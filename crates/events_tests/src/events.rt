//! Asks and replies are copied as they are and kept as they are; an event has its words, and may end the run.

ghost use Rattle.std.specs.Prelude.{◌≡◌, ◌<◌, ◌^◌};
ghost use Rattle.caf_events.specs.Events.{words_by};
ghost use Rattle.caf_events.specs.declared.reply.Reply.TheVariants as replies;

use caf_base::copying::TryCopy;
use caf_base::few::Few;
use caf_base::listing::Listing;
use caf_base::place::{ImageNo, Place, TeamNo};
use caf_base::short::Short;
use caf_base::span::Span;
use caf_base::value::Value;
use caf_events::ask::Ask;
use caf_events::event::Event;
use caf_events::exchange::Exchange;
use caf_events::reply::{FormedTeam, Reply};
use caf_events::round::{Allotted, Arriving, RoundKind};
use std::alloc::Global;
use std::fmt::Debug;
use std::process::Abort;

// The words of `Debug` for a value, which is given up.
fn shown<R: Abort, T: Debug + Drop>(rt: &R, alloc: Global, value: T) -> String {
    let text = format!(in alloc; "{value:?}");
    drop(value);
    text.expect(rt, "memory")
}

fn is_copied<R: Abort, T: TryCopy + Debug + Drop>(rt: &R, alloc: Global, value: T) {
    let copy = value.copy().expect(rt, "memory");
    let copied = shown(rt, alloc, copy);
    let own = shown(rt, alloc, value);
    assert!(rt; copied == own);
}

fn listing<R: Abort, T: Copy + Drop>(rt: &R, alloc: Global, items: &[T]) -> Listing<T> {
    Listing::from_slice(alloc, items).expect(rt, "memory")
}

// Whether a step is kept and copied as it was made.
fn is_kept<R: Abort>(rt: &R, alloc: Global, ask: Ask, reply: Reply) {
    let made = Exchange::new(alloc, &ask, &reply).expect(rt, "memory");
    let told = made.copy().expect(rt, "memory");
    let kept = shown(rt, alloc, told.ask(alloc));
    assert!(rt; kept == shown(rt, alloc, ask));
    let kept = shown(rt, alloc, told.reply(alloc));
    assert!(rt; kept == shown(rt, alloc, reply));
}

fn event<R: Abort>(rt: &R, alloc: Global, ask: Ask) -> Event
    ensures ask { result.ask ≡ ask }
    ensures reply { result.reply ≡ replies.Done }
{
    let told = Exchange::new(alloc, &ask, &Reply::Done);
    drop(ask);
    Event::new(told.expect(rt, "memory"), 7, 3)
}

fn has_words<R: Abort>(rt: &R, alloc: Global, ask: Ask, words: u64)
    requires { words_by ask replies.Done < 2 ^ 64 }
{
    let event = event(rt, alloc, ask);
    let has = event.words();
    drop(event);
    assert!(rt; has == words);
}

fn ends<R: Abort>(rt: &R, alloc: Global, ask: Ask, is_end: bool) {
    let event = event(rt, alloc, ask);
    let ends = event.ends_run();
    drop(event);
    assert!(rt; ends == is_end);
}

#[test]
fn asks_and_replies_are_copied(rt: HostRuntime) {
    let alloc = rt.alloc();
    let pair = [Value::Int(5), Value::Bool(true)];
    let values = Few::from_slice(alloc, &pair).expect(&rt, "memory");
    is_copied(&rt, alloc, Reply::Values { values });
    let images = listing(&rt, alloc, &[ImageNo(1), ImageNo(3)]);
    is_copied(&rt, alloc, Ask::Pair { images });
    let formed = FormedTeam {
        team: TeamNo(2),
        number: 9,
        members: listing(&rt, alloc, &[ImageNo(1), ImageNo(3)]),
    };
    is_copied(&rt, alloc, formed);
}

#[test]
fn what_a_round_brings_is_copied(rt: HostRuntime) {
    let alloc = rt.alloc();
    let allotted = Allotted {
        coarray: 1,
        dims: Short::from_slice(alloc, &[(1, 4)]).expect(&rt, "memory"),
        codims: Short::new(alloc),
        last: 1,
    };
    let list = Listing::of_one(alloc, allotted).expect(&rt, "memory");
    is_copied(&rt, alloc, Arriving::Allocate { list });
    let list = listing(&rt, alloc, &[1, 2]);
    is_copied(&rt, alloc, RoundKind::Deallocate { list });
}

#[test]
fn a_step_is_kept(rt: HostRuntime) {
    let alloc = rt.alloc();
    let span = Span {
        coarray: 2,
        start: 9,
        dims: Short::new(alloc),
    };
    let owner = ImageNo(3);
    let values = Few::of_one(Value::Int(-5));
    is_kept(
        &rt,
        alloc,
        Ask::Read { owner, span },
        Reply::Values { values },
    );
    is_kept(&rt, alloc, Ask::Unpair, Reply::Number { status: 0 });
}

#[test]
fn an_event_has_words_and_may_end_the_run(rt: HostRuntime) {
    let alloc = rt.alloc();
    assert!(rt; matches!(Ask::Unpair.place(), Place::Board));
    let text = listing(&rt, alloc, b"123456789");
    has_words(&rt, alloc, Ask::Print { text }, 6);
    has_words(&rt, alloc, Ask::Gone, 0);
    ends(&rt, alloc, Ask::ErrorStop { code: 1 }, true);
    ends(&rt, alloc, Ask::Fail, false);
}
--
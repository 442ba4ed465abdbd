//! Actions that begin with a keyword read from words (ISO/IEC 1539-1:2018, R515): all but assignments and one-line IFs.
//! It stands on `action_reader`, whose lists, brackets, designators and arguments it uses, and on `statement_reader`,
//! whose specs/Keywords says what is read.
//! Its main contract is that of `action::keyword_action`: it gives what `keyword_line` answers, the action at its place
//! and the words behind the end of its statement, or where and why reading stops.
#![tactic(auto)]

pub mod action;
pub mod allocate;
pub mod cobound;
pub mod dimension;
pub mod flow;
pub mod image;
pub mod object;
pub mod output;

Problem description: Review the preceding data and report every line that includes the string "items".

Task response:
fn listing<R: Abort, T: Copy + Drop>(rt: &R, alloc: Global, items: &[T]) -> Listing<T> {
    Listing::from_slice(alloc, items).expect(rt, "memory")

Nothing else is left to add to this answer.